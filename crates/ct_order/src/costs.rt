//! The rows of costs of an instance.
ghost use Rattle.std.specs.Prelude.{◌≡◌, ◌-◌, ◌*◌, ◌/◌, ◌%◌, ◌≤◌, [], length, nat_abs, slice_index_or, All, IfOk};
ghost use Rattle.ct_vectors.specs.declared.limits.TheConstants.{COLUMN_LIMIT, COST_ROW_LIMIT, COST_LIMIT};
ghost use Rattle.ct_order.specs.Costs.{IsCostTable, rows_of};

use std::alloc::{AllocError, Global};
use std::marker::Model;

/// One to eight rows of costs, in each a cost for each of 1 to 64 columns, at most 10^12 in size. Clauses see the
/// number of columns and the rows.
///
/// It keeps 8 bytes a cost on the heap, row after row.
#[derive(Debug, Drop)]
pub struct Costs {
    columns: usize,
    count: usize,
    costs: Vec<i64>,
}

impl Model for Costs {
    ghost use Rattle.std.specs.Prelude.{◌≡◌, ◌*◌, length};
    ghost use Rattle.ct_order.specs.Costs.{CostTable, IsCostTable, rows_of};

    ghost Value = { CostTable };

    ghost view = { λ c. record { columns = c.columns; rows = rows_of c.count c.columns c.costs.items } };

    ghost invariant = { λ c. IsCostTable (record { columns = c.columns; rows = rows_of c.count c.columns c.costs.items }) × (length c.costs.items ≡ c.count * c.columns) };
}

impl Costs {
    /// The rows that stand one after another, each with a cost for each column.
    pub fn new(alloc: Global, columns: usize, rows: &[i64]) -> Result<Costs, AllocError>
        requires some_column { 1 ≤ columns }
        requires column_limit { columns ≤ COLUMN_LIMIT }
        requires whole_rows { length rows.now % columns ≡ 0 }
        requires some_row { columns ≤ length rows.now }
        requires row_limit { length rows.now ≤ COST_ROW_LIMIT * columns }
        requires limit { All (λ x. nat_abs x ≤ COST_LIMIT) rows.now }
        ensures { IfOk result (λ costs. costs ≡ record { columns = columns; rows = rows_of (length rows.now / columns) columns rows.now }) }
    {
        let costs = rows.to_vec(alloc)?;
        Ok(Costs {
            columns,
            count: rows.len() / columns,
            costs,
        })
    }

    /// The number of columns.
    pub fn columns(&self) -> usize
        ensures columns { result ≡ self.now.columns }
        ensures table { IsCostTable self.now }
    {
        self.columns
    }

    /// The number of rows.
    pub fn row_count(&self) -> usize
        ensures rows { result ≡ length self.now.rows }
        ensures table { IsCostTable self.now }
    {
        self.count
    }

    /// The costs of the row with this number, counted from 1.
    pub fn row(&self, row: usize) -> &[i64]
        requires some { 1 ≤ row }
        requires row_limit { row ≤ length self.now.rows }
        ensures row { result.now ≡ slice_index_or self.now.rows (row - 1) [] }
        ensures columns { length result.now ≡ self.now.columns }
        ensures column_limit { length result.now ≤ COLUMN_LIMIT }
        ensures cost_limit { All (λ x. nat_abs x ≤ COST_LIMIT) result.now }
    {
        let first = (row - 1) * self.columns;
        &self.costs[first..first + self.columns]
    }
}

****************************************

**What you need to do**. Report only how many lines in the entries contain "after".

**Response box**. 2